May 15 2008
Bee! Through the eyes of an autistic toddler.
My memory:
I was sitting there on my sister’s tricycle with my wispy blonde hair down over my face as usual. Head down on my hands, which were folded over the handlebars. I was staring down at my feet. Watching how my toes smashed into the ground when I pushed backwards up the driveway. They would turn white at the very tip until I completed the backward motion on my heel. I was rocking back and forth, back and forth, only allowing myself to be aware of the changing colors in my toes. The motion was slow and soothing.
Then something caught my eye. Some tiny fury insect was slowly crawling towards me. I watched it carefully navigate a small rock, which diverted it directly towards my pinky toe, now white with the pressure placed on it as I sat frozen in place.
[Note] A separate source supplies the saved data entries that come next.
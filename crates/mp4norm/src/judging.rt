//! Many files, judged one after the other by whoever judges one.
ghost use Rattle.std.specs.Prelude.{◌≡◌, ◌+◌, ◌≤◌, length, IfErr, IfOk};
ghost use Rattle.mp4norm.specs.format.Judging.{has_another, has_none, one_if, tally_status, JudgesBoth, JudgesEach, SumsEach};
ghost use Rattle.mp4norm.specs.format.Lists.{ended_names};

use crate::running::{DIFFER, FoundSum, found_status};
use crate::shell::action::Input;
use crate::shell::lists::first_name;
use mp4_answers::digests::DIGEST;
use mp4_answers::text::sum_lines::SumOf;
use mp4_boxes::Refusal;

/// Who judges one file after the other, and puts what is found of each.
pub(crate) trait Judge {
    ghost use Rattle.std.specs.Prelude.{ℕ, List, Option, Result};
    ghost use Rattle.mp4_boxes.specs.declared.refusal.Refusal.{Refusal};
    ghost use Rattle.mp4norm.specs.declared.shell.action.Input.{Input};

    /// Between the two, this was found of what a word names.
    ghost finds_word: { Self → Self → Input → Result (Option (List ℕ)) Refusal → Type 0 };

    /// Between the two, this was found of the file of a name.
    ghost finds_name: { Self → Self → List ℕ → Result (Option (List ℕ)) Refusal → Type 0 };

    /// It has failed for this.
    ghost refuses: { Self → Refusal → Type 0 };

    /// Judges what a word names. It fails where nothing can be put.
    fn judge_word(&mut self, input: Input) -> Result<FoundSum, Refusal>
        ensures found { IfOk result (finds_word self.old self.new input.entry) }
        ensures refusal { IfErr result (refuses self.new) };

    /// Judges the file of a name. It fails where nothing can be put.
    fn judge_name(&mut self, name: &[u8]) -> Result<FoundSum, Refusal>
        ensures found { IfOk result (finds_name self.old self.new name.now) }
        ensures refusal { IfErr result (refuses self.new) };
}

// Judges what each word names, and gives the greatest status.
fn judge_words<J: Judge>(words: &[Input], judge: &mut J) -> Result<u8, Refusal>
    ensures each { IfOk result (JudgesEach J.finds_word words.entry.now judge.old judge.new) }
    ensures refusal { IfErr result (J.refuses judge.new) }
{
    let mut worst = 0;
    for input in words {
        let found = judge.judge_word(*input)?;
        worst = found_status(&found).max(worst);
    }
    Ok(worst)
}

// Judges the files of a list, whose names are ended by zero bytes, and gives the greatest status.
fn judge_names<J: Judge>(list: &[u8], judge: &mut J) -> Result<u8, Refusal>
    ensures each { IfOk result
        (JudgesEach J.finds_name (ended_names list.now) judge.old judge.new) }
    ensures refusal { IfErr result (J.refuses judge.new) }
{
    let mut worst = 0;
    let mut left = list;
    while !left.is_empty() {
        let (name, rest) = first_name(left);
        let found = judge.judge_name(name)?;
        worst = found_status(&found).max(worst);
        left = rest;
    }
    Ok(worst)
}

/// Judges what each word names, and then the files of a list, each once, and gives the greatest
/// status.
pub(crate) fn judge_all<J: Judge>(
    words: &[Input],
    list: &[u8],
    judge: &mut J,
) -> Result<u8, Refusal>
    ensures each { IfOk result (JudgesBoth J.finds_word words.entry.now J.finds_name
        (ended_names list.now) judge.old judge.new) }
    ensures refusal { IfErr result (J.refuses judge.new) }
{
    let first = judge_words(words, judge)?;
    let second = judge_names(list, judge)?;
    Ok(first.max(second))
}

/// A file of a list of sums: its name, its sum, and of what that is: of which track, where that is
/// one alone.
#[derive(Drop)]
pub(crate) struct ListedFile {
    pub(crate) name: Vec<u8>,
    pub(crate) digest: [u8; DIGEST],
    pub(crate) what: SumOf,
    pub(crate) track: Option<u32>,
}

/// Who sums one file after the other, and puts what is to be said of each.
pub(crate) trait SumJudge {
    ghost use Rattle.std.specs.Prelude.{ℕ, List, Option, Result};
    ghost use Rattle.mp4_boxes.specs.declared.refusal.Refusal.{Refusal};
    ghost use Rattle.mp4norm.specs.declared.judging.ListedFile.{ListedFile};

    /// Between the two, this was found of a file.
    ghost finds: { Self → Self → ListedFile → Result (Option (List ℕ)) Refusal → Type 0 };

    /// It has failed for this.
    ghost refuses: { Self → Refusal → Type 0 };

    /// Sums a file. It fails where nothing can be put.
    fn judge_sum(&mut self, file: &ListedFile) -> Result<FoundSum, Refusal>
        ensures found { IfOk result (finds self.old self.new file.now) }
        ensures refusal { IfErr result (refuses self.new) };
}

/// Whether a file has another sum than this one.
pub(crate) fn has_another(digest: &[u8; DIGEST], found: &FoundSum) -> bool
    ensures { result ≡ has_another digest.now found.now }
{
    match found {
        Ok(Some(own)) if *own == *digest => false,
        Ok(_) => true,
        Err(_) => false,
    }
}

/// How files came out that have a sum in a list: the greatest status of those that have none of
/// their own, how many these are, and how many have another one.
#[derive(Clone, Copy)]
pub(crate) struct Tally {
    pub(crate) worst: u8,
    pub(crate) without: usize,
    pub(crate) other: usize,
}

/// The status of files that came out so.
pub(crate) fn tally_status(tally: Tally) -> u8
    ensures { result ≡ tally_status tally }
{
    if tally.worst > 0 {
        tally.worst
    } else if tally.other > 0 {
        DIFFER
    } else {
        0
    }
}

// How many files have no sum, and how many another one than this: of one file.
fn counted(digest: &[u8; DIGEST], found: &FoundSum) -> (usize, usize)
    ensures none { result.0 ≡ one_if (has_none found.now) }
    ensures another { result.1 ≡ one_if (has_another digest.now found.now) }
    ensures one { result.0 + result.1 ≤ 1 }
{
    if found.is_err() {
        (1, 0)
    } else if has_another(digest, found) {
        (0, 1)
    } else {
        (0, 0)
    }
}

/// Sums the files, each once, and says how they came out.
pub(crate) fn check_listed<J: SumJudge>(
    files: &[ListedFile],
    judge: &mut J,
) -> Result<Tally, Refusal>
    ensures each { IfOk result (SumsEach J.finds files.now judge.old judge.new) }
    ensures all { IfOk result (λ t. t.other + t.without ≤ length files.now) }
    ensures refusal { IfErr result (J.refuses judge.new) }
{
    let (mut worst, mut without, mut other) = (0, 0, 0);
    for file in files {
        let found = judge.judge_sum(file)?;
        worst = found_status(&found).max(worst);
        let (none, another) = counted(&file.digest, &found);
        without += none;
        other += another;
    }
    Ok(Tally {
        worst,
        without,
        other,
    })
}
As it made its journey closer to me, I watched as it fluttered its wings. Trying to fly maybe, but unable to.
When it reached my toe, it grabbed on and curved its fury back, pocking its stinger at me. I was petrified and unable to move. It let go, turned around, and backed straight into my right pinky toe. Then crawled away, tearing the stinger pouch from its body, leaving a pulsating sack of poison pushing fire inside of my toe.
The pain hit. Then I was inside the front door of my house. Standing there with my head back silently screaming, tears streaming down my face, with my eyes squeezed tightly shut.
As I entered the house, my mother did not immediately see me. She finally heard my gasp for air and turned to see my next silent scream. Not knowing what was wrong, she tried to pick me up, and I immediately arched my back in defiance. She laid me on the floor and watched as I began what she thought was another tantrum. Except this time, I was banging my right foot on the floor and smashing my heel hard into the carpet and as I pushed it up and down the carpet gave my heel a rug burn.
She grabbed my leg to stop me from hurting myself and that is when she saw it. The stinger was still in my toe, in spite of my thrashing around on the floor. She gathered me up and stood me in the bathtub. I remember the flushing of my body as she turned on the cold water and ran it over my feet. The stimulus was overwhelming me, the pain, my body’s reaction to the poison, the temperature of the water. It was all just too much.